Collected data entries:
_ _ _ _ _ _ _

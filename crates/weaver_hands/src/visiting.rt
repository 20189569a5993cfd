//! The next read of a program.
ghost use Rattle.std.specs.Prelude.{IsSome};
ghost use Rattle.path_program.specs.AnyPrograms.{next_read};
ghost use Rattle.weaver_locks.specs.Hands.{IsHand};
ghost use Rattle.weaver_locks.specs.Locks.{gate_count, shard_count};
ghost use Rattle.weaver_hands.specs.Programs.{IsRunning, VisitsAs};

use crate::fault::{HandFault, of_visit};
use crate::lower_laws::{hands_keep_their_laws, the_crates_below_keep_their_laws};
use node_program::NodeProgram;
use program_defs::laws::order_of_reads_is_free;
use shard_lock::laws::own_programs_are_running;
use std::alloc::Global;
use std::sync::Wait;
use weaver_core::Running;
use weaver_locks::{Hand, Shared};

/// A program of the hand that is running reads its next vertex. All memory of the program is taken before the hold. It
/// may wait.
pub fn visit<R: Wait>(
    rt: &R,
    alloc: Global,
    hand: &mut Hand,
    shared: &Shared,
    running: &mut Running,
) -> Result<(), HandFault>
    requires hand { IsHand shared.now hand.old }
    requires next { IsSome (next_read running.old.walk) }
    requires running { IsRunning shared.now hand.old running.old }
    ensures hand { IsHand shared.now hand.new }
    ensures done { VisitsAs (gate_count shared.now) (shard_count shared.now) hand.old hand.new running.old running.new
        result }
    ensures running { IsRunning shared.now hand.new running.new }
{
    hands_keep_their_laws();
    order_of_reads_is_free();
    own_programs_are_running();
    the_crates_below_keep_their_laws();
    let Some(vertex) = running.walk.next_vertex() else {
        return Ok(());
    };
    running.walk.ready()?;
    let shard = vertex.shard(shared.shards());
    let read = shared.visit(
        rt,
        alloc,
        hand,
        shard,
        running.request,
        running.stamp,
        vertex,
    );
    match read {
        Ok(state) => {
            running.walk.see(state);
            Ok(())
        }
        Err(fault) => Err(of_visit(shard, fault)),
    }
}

_ _ _ _ _ _ _

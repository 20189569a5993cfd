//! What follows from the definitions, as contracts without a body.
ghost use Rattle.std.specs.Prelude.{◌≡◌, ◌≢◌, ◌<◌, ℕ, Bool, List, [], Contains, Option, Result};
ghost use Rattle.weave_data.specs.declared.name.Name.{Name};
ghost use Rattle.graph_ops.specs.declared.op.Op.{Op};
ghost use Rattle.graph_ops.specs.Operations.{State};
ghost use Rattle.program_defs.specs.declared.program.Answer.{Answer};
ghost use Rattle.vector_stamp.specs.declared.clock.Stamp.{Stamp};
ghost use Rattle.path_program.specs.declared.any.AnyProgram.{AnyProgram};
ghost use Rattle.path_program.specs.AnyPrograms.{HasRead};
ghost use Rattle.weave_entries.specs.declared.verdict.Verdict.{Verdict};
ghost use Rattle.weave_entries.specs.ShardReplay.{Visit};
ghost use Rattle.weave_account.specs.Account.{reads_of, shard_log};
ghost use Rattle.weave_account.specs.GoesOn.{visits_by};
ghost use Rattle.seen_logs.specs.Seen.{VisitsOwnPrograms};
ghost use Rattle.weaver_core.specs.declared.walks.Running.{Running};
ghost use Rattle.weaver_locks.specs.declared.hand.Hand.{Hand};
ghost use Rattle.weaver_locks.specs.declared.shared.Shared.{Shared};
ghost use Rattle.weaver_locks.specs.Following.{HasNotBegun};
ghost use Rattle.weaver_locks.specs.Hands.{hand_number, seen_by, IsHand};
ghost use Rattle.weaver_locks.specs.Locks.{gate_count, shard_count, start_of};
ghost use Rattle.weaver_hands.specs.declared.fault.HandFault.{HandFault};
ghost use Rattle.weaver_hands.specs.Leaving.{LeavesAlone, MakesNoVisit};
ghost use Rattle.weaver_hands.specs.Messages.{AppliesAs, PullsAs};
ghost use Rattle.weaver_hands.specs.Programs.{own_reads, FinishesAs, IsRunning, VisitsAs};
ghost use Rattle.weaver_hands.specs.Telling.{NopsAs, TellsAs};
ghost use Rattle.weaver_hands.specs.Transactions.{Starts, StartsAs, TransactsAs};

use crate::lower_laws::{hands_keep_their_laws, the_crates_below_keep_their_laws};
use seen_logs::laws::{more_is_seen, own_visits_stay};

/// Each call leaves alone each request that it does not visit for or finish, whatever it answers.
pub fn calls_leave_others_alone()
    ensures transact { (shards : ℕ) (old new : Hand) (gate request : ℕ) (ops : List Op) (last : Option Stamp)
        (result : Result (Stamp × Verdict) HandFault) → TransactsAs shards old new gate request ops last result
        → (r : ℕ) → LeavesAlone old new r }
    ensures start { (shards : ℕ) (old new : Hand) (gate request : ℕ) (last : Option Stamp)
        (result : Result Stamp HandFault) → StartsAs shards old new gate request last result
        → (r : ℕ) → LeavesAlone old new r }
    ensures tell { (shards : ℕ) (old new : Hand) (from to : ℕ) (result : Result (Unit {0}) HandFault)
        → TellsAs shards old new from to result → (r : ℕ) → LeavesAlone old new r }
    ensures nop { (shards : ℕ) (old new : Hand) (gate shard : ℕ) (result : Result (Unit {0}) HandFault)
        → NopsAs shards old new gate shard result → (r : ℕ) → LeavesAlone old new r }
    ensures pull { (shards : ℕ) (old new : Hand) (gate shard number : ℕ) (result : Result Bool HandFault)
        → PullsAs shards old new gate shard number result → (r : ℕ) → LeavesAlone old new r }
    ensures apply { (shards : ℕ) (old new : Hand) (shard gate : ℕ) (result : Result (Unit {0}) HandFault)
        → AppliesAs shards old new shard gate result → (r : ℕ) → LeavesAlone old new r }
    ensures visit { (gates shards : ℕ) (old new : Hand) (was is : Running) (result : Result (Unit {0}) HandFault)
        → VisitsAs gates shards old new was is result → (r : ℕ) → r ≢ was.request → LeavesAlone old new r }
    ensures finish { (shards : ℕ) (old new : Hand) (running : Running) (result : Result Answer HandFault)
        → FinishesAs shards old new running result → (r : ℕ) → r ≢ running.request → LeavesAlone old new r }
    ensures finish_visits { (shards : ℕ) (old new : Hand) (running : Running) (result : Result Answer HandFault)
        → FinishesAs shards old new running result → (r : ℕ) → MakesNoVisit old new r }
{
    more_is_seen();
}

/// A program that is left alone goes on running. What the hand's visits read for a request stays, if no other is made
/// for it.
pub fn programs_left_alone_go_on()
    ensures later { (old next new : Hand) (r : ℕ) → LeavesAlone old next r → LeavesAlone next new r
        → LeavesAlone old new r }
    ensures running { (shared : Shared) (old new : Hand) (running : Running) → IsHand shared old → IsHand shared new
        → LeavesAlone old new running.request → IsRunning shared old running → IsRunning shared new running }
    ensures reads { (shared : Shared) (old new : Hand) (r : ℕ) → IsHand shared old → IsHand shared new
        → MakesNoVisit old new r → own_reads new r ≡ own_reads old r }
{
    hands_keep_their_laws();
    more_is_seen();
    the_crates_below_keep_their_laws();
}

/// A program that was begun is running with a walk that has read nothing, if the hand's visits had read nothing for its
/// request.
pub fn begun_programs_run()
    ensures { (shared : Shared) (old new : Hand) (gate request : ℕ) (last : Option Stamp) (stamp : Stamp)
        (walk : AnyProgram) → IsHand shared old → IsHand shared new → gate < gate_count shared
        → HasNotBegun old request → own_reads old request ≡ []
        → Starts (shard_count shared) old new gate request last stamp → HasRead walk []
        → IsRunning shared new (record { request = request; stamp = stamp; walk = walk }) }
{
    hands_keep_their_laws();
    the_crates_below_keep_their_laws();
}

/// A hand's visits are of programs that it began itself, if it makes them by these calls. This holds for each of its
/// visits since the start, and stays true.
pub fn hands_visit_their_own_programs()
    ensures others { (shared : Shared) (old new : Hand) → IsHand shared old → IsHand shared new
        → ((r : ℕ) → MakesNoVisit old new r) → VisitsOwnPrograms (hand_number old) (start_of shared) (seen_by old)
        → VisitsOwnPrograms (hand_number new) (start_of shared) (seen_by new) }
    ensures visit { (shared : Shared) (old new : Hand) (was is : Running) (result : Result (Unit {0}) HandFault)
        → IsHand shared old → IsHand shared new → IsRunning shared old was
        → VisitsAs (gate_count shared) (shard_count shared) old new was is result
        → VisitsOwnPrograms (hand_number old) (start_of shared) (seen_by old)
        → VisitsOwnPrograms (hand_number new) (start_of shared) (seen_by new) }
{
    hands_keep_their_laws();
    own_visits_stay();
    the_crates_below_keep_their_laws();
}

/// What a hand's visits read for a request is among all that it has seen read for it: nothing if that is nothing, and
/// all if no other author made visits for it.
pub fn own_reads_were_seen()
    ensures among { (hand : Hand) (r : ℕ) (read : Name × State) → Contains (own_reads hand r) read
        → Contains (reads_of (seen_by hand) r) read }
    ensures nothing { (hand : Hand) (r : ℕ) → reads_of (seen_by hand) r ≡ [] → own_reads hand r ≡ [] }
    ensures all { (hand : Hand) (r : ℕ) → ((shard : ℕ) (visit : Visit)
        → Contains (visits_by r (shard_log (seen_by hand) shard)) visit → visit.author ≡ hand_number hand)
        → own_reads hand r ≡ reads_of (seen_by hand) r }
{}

_ _ _ _ _ _ _

Work to complete. Review the entries above and return every line where "that" appears.

Your response.
/// A program of the hand that is running reads its next vertex. All memory of the program is taken before the hold. It
/// Each call leaves alone each request that it does not visit for or finish, whatever it answers.
/// A program that is left alone goes on running. What the hand's visits read for a request stays, if no other is made
/// A program that was begun is running with a walk that has read nothing, if the hand's visits had read nothing for its
/// A hand's visits are of programs that it began itself, if it makes them by these calls. This holds for each of its
/// What a hand's visits read for a request is among all that it has seen read for it: nothing if that is nothing, and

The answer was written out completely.